More and more technology is being baked into beauty brands offerings. And the trend for tech-led beauty only feels like it accelerated exponentially in the last year and a half. Brands were forced to pivot hard into the realm of all things digital as they suddenly had to reach and sustain relationships with everyone from their respective living room sofas. So it’s becoming more common to see tech-based beauty, like Dutch digital-first start-up Routinely skincare, which launched last week with 13 serums, a quiz and a native app that engages with customers beyond the purchase funnel.
Thanks to the quiz results and learning AI employed in the app, personalised products are selected and skincare routines refined daily, down to the tiniest factor, like what the weather is that day where they live, offering adjustments to the person’s routine to accommodate things that could affect the skin.
German personal care giant Bieresdorf invested in Routinely skincare through its Oscar and Paul beauty incubator. The company has also just launched personalised skincare range O.W.N. (Only What’s Needed), showing the company’s new commitment to a new digital-first approach and tech-enabled customisation in the beauty sector. “Each product is specially made for the brand’s individual consumers…. ” says the Beiersdorf media release.

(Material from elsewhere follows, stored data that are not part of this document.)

//! The text of a string in a text that is known to be JSON.

ghost use Rattle.std.specs.Prelude.{◌≡◌, ◌≢◌, ℕ, [], ◌∷◌, true, ◌+◌, ◌*◌, ◌^◌, ◌<◌, ◌≤◌, List, ◌++◌, drop, length, slice_get, slice_index, Some, IfOk, OnOk, IfSome, IfNone, encode_utf8};
ghost use Rattle.std.specs.List.{list_all};
ghost use Rattle.json_text.specs.Characters;
ghost use Rattle.json_text.specs.Characters.{is_hex};
ghost use Rattle.json_text.specs.inner.Spans.{between};
ghost use Rattle.json_text.specs.Tree.{unit, IsPiece};
ghost use Rattle.json_text.specs.Compact.{lone, piece_value};
ghost use Rattle.json_text.specs.Compact;
ghost use Rattle.json_text.specs.Tree;
ghost use Rattle.json_text.specs.Walk.{Quoted};
ghost use Rattle.json_text.specs.inner.Walk.{Unread, Takes, StartsWithUnit, unit_at};

use crate::runs::run_end;
use crate::text::{Raw, Text};
use std::alloc::{AllocError, Global};

/// The text of the string at an offset of a value, and the offset after the string. Where no
/// character is escaped, no byte is copied.
#[inline(always)]
pub fn text_at(alloc: Global, value: &Raw, at: usize) -> Result<(Text, usize), AllocError>
    requires { (text rest : List ℕ) × Quoted (drop at value.now) text rest }
    ensures found { IfOk result (λ found. (text rest : List ℕ)
        → Quoted (drop at value.now) text rest
        → (found.0 ≡ text) × (drop found.1 value.now ≡ rest)) }
    ensures within { IfOk result (λ found. (at < found.1) × (found.1 ≤ length value.now)) }
{
    let bytes = value.as_bytes();
    let end = run_end(bytes, at + 1);
    if bytes[end] == b'"' {
        return Ok((value.cut_text(at + 1, end)?, end + 1));
    }
    content_of(alloc, bytes, at)
}

/// The text of the string at an offset, and the offset after the string.
pub fn content_of(alloc: Global, bytes: &[u8], at: usize) -> Result<(Text, usize), AllocError>
    requires { (text rest : List ℕ) × Quoted (drop at bytes.now) text rest }
    ensures found { IfOk result (λ found. (text rest : List ℕ)
        → Quoted (drop at bytes.now) text rest
        → (found.0 ≡ text) × (drop found.1 bytes.now ≡ rest)) }
    ensures within { IfOk result (λ found. (at < found.1) × (found.1 ≤ length bytes.now)) }
{
    let mut text = Vec::new(alloc);
    let mut next = at + 1;
    loop {
        let end = run_end(bytes, next);
        text.extend_from_slice(&bytes[next..end])?;
        if bytes[end] == b'"' {
            return Ok((Text::from_utf8(text)?, end + 1));
        }
        next = end + push_escape(&mut text, &bytes[end..])?;
    }
}

/// Appends the character of the escape at the front, or of a pair of surrogates, and tells how many
/// bytes that takes.
#[tactic(auto, using(crate::proofs::Contents::letter_takes))]
fn push_escape(out: &mut Vec<u8>, rest: &[u8]) -> Result<usize, AllocError>
    requires unread { (text after : List ℕ) × Unread rest.now text after }
    requires escape { slice_index rest.now 0 ≡ 92 }
    ensures ok { IfOk result (λ count. Takes Unread rest.now count out.old.items out.new.items) }
    ensures within { IfOk result (λ count. (0 < count) × (count ≤ length rest.now)) }
{
    let [_, kind, ..] = rest else { unreachable!() };
    if *kind != b'u' {
        out.push(letter_meaning(*kind))?;
        return Ok(2);
    }
    let [_, _, a, b, c, d, tail @ ..] = rest else {
        unreachable!()
    };
    let first = unit_of(*a, *b, *c, *d);
    if let Some(second) = second_unit(first, tail) {
        push_character(
            out,
            0x1_0000 + ((first - 0xd800) * 1024 + (second - 0xdc00)),
        )?;
        return Ok(12);
    }
    push_character(out, first)?;
    Ok(6)
}

/// The low surrogate that follows, where the first unit is a high one.
fn second_unit(first: u32, tail: &[u8]) -> Option<u32>
    requires { slice_index tail.now 0 ≡ 92 → slice_index tail.now 1 ≡ 117
        → IsPiece (unit_at tail.now) }
    ensures found { IfSome result (λ second. (Compact.is_high first ≡ true)
        × (Compact.is_low second ≡ true)
        × StartsWithUnit tail.now second) }
    ensures none { IfNone result ((second : ℕ) → Compact.is_high first ≡ true
        → Compact.is_low second ≡ true
        → StartsWithUnit tail.now second → ⊥) }
{
    if !is_high(first) {
        return None;
    }
    match tail {
        [b'\\', b'u', a, b, c, d, ..] => {
            let second = unit_of(*a, *b, *c, *d);
            if is_low(second) { Some(second) } else { None }
        }
        _ => None,
    }
}

/// The number of four digits of base 16.
#[tactic(auto, using(crate::proofs::Strings::string_steps))]
fn unit_of(a: u8, b: u8, c: u8, d: u8) -> u32
    requires { list_all is_hex (a ∷ b ∷ c ∷ d ∷ []) ≡ true }
    ensures value { result ≡ piece_value (unit a b c d) }
    ensures small { result < 2 ^ 16 }
{
    ((hex_value(a) * 16 + hex_value(b)) * 16 + hex_value(c)) * 16 + hex_value(d)
}

/// The value of a digit of base 16.
fn hex_value(digit: u8) -> u32
    requires { is_hex digit ≡ true }
    ensures value { result ≡ Characters.hex_value digit }
    ensures small { result < 16 }
{
    match digit {
        b'0'..=b'9' => u32::from(digit - b'0'),
        b'A'..=b'F' => u32::from(digit - 55),
        _ => u32::from(digit - 87),
    }
}

fn is_high(unit: u32) -> bool
    ensures { result ≡ Compact.is_high unit }
{
    0xd800 <= unit && unit < 0xdc00
}

fn is_low(unit: u32) -> bool
    ensures { result ≡ Compact.is_low unit }
{
    0xdc00 <= unit && unit < 0xe000
}

/// The character that a letter behind a `\` stands for, and 0 for a letter that may not stand
/// there.
fn letter_meaning(letter: u8) -> u8
    ensures value { result ≡ Tree.letter_meaning letter }
    ensures ascii { result < 128 }
{
    match letter {
        b'"' | b'\\' | b'/' => letter,
        b'b' => 0x08,
        b'f' => 0x0c,
        b'n' => b'\n',
        b'r' => b'\r',
        b't' => b'\t',
        _ => 0,
    }
}

/// Appends a character, or U+FFFD for a surrogate.
fn push_character(out: &mut Vec<u8>, code: u32) -> Result<(), AllocError>
    requires { code < 0x110000 }
    ensures { OnOk result (out.new.items ≡ out.old.items ++ encode_utf8 (lone code)) }
{
    let character = char::from_u32(code).unwrap_or(char::REPLACEMENT_CHARACTER);
    let mut buffer = [0; 4];
    out.extend_from_slice(character.encode_utf8(&mut buffer).as_bytes())
}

In the course of the online shopping process, not only the formulas but also the packaging is personalized so that the consumers’ first names form a unit with the brand name – for example “MARY’S O.W.N”. Their individual personality thus once again becomes the focus of the very shopping experience.”
The launch of Routinely happened within a day of Google opening up its Vertex AI platform for public use, so that any beauty brand industrious enough to take advantage of it can create innovative digital tools for its customers. For example, according to Google, L’Oreal’s innovative diagnostic tool already uses the learning technology to offer personalised skincare advice. “ModiFace’s skin diagnostic is trained on thousands of images from L’Oréal’s Research & Innovation, the company’s dedicated research arm. Bringing together L’Oréal’s scientific research combined with ModiFace’s AI algorithm, this service allows people to obtain a highly precise tailor-made skincare routine.”
Digital-first beauty brands, like Beiersdorf-backed Routinely, were on the rise before Google made it’s AI platform available for use by any business. Plenty of brands that aren’t digital first have also heeded the demand for customer-specific products and services, like mesoestetic with its new advanced diagnostic tool and Q+A with its skincare quiz. We have noticed more and more brands start to follow suit. And it seems that AI-enabled, hyper-customised, personalised skincare advice, product formulation and marketing looks set to be the future for beauty businesses, even B2B.